The grace of our Lord Jesus Christ be with you. This is the apostle's salutation in all his epistles, and is a token of the truth and genuineness of them; See Gill on Romans 16:20; and is a wish for a supply of all grace from Christ, and an increase of it in the saints; that they may have the communications of it to them, to quicken, invigorate, and draw forth into exercise the grace they have received, and to enable and assist them in the discharge of every duty.
My love be with you all,.... Meaning either that he desired that he might be loved by them, as they were by him, and might always have a place in their hearts and affections, as they had in his; or that his love, which extended to all of them without exception, to rich and poor, greater or lesser believers, might be always acceptable to them; and which he now commended to them, and saluted them with, from his very heart: and that it might not be thought to be a carnal affection, or on account of any outward things, he adds,
in Christ Jesus; he loved them for Christ's sake, because they were his, had his grace bestowed on them, his image stamped upon them, and his Spirit put within them; and concludes as usual, with an
Amen; both by way of request, and for the sake of confirmation; desiring that so it might be, and believing that so it would be.

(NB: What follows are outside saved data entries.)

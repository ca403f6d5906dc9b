//! How the requests at a desk are tried (SimPy's Resource and PreemptiveResource).
ghost use Rattle.std.specs.Prelude.{◌≡◌, ◌<◌, ◌^◌, [], ◌∷◌, length, IsTrue};
ghost use Rattle.sim_types.specs.declared.event.EventId.{EventId};
ghost use Rattle.sim_machine.specs.MayAsk.{takes_requests};
ghost use Rattle.sim_machine.specs.Triggering as triggering;
ghost use Rattle.sim_machine.specs.Trying as trying;
ghost use Rattle.sim_machine.specs.Trying.{on_calendar};
ghost use Rattle.sim_machine.specs.Users.{resource_at};
ghost use Rattle.sim_happen_model.specs.Changes.{more_events, more_callbacks};
ghost use Rattle.sim_happen_model.specs.HappenOf.{IsOpen, unheld_event};
ghost use Rattle.sim_shared_model.specs.Granting.{TriesDesk, interrupted_for, preempted_since};
ghost use Rattle.sim_shared_model.specs.Making.{MakesAll};
ghost use Rattle.sim_shared_model.specs.Measuring.{ChangesOnlyAt};
ghost use Rattle.sim_shared_model.specs.ShowsAll.{TurnsAll};
ghost use Rattle.sim_shared_model.specs.Waiting.{AreAllOpen};

use crate::resource::SharedResource;
use crate::shared::Shared;
use sim_shared_model::Grant;
use sim_types::{EventId, PREEMPTION, ProcId, Throw};

impl Shared {
    // The first that waits at the desk is tried there, now. Neither time nor what happens in it changes.
    fn try_first(&mut self, res: u32) -> Grant
        requires res { res < length self.old.setup }
        requires slots { IsTrue (takes_requests (resource_at self.old.setup res).kind) }
        ensures tried { TriesDesk res result self.old self.new }
        ensures happen { self.new.happen ≡ self.old.happen }
        ensures used { self.new.used ≡ self.old.used }
    {
        let now = self.happen.now();
        if let SharedResource::Desk(desk) = &mut self.resources[res as usize] {
            return desk.attempt(now);
        }
        // no requests wait elsewhere
        Grant::None
    }

    // A process is told that its request is a user no longer, and since when it was one (SimPy's Preempted).
    fn tell_preempted(&mut self, process: ProcId, since: i64)
        requires spare_events { 0 < self.old.happen.spare.events }
        requires spare_callbacks { 0 < self.old.happen.spare.callbacks }
        requires number { length self.old.happen.events < 2 ^ 62 }
        ensures told { TurnsAll (on_calendar (triggering.make_interruption process
            (preempted_since since))) unheld_event self.old self.new }
        ensures open { (e : EventId) → IsOpen self.old.happen e → IsOpen self.new.happen e }
        ensures spare { more_events 1 (more_callbacks 1 self.new.happen.spare)
            ≡ self.old.happen.spare }
        ensures rest { self.new ≡ record self.old { happen = self.new.happen } }
    {
        let what = Throw {
            kind: PREEMPTION,
            value: since,
        };
        let _interruption = self.happen.interrupt(process, what);
    }

    // The user's process is told, and then the request that took its slot succeeds.
    fn succeed_after_preemption(&mut self, request: EventId, process: ProcId, since: i64)
        requires open { IsOpen self.old.happen request }
        requires spare_events { 0 < self.old.happen.spare.events }
        requires spare_callbacks { 0 < self.old.happen.spare.callbacks }
        requires number { length self.old.happen.events < 2 ^ 62 }
        ensures follows { TurnsAll (on_calendar (interrupted_for request process since))
            unheld_event self.old self.new }
        ensures spare { more_events 1 (more_callbacks 1 self.new.happen.spare)
            ≡ self.old.happen.spare }
        ensures rest { self.new ≡ record self.old { happen = self.new.happen } }
    {
        self.tell_preempted(process, since);
        self.succeed(request, 0);
    }

    /// The requests at a desk are tried: one attempt, at the first (SimPy's Resource and PreemptiveResource).
    pub(crate) fn try_requests(&mut self, res: u32)
        requires res { res < length self.old.setup }
        requires slots { IsTrue (takes_requests (resource_at self.old.setup res).kind) }
        requires open { AreAllOpen self.old }
        requires spare_events { 0 < self.old.happen.spare.events }
        requires spare_callbacks { 0 < self.old.happen.spare.callbacks }
        requires number { length self.old.happen.events < 2 ^ 62 }
        ensures tried { MakesAll 1 (trying.try_put self.old.setup res) self.old self.new }
        ensures used { self.new.used ≡ self.old.used }
        ensures touched { ChangesOnlyAt (res ∷ []) self.old self.new }
    {
        match self.try_first(res) {
            Grant::None => {}
            Grant::Granted { request } => self.succeed(request, 0),
            Grant::Preempted {
                request,
                victim: _,
                process,
                since,
            } => self.succeed_after_preemption(request, process, since),
        }
    }
}
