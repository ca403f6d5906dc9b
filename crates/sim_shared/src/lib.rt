//! Shared resources wired to events, each named by its place in the scenario: what waits at them, uses them and stands
//! in them, and how events leave them.
#![tactic(auto)]

mod fault;
mod granting;
mod joining;
mod leaving;
mod making;
mod opening;
mod queues;
mod resource;
mod serving;
mod shared;
mod trying;

pub use fault::{NotPositive, OwnVictim};
pub use shared::Shared;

The following subscription is added, not by the apostle, but by some other hand since. "The first" epistle "to the Corinthians was written from Philippi, by Stephanas, and Fortunatus, and Achaicus, and Timotheus"; but, as has been already observed, this epistle was not written from Philippi, but from Ephesus, where the apostle now was, as appears from 1 Corinthians 16:8; nor was it sent by Timotheus, for he was sent out before the writing of this epistle, see 1 Corinthians 4:17, and the apostle puts an if upon his coming to them, in 1 Corinthians 16:10, which he would scarcely have done, if he had sent this letter by him; though very probably it was sent by the other three, who came from Corinth, at their return thither.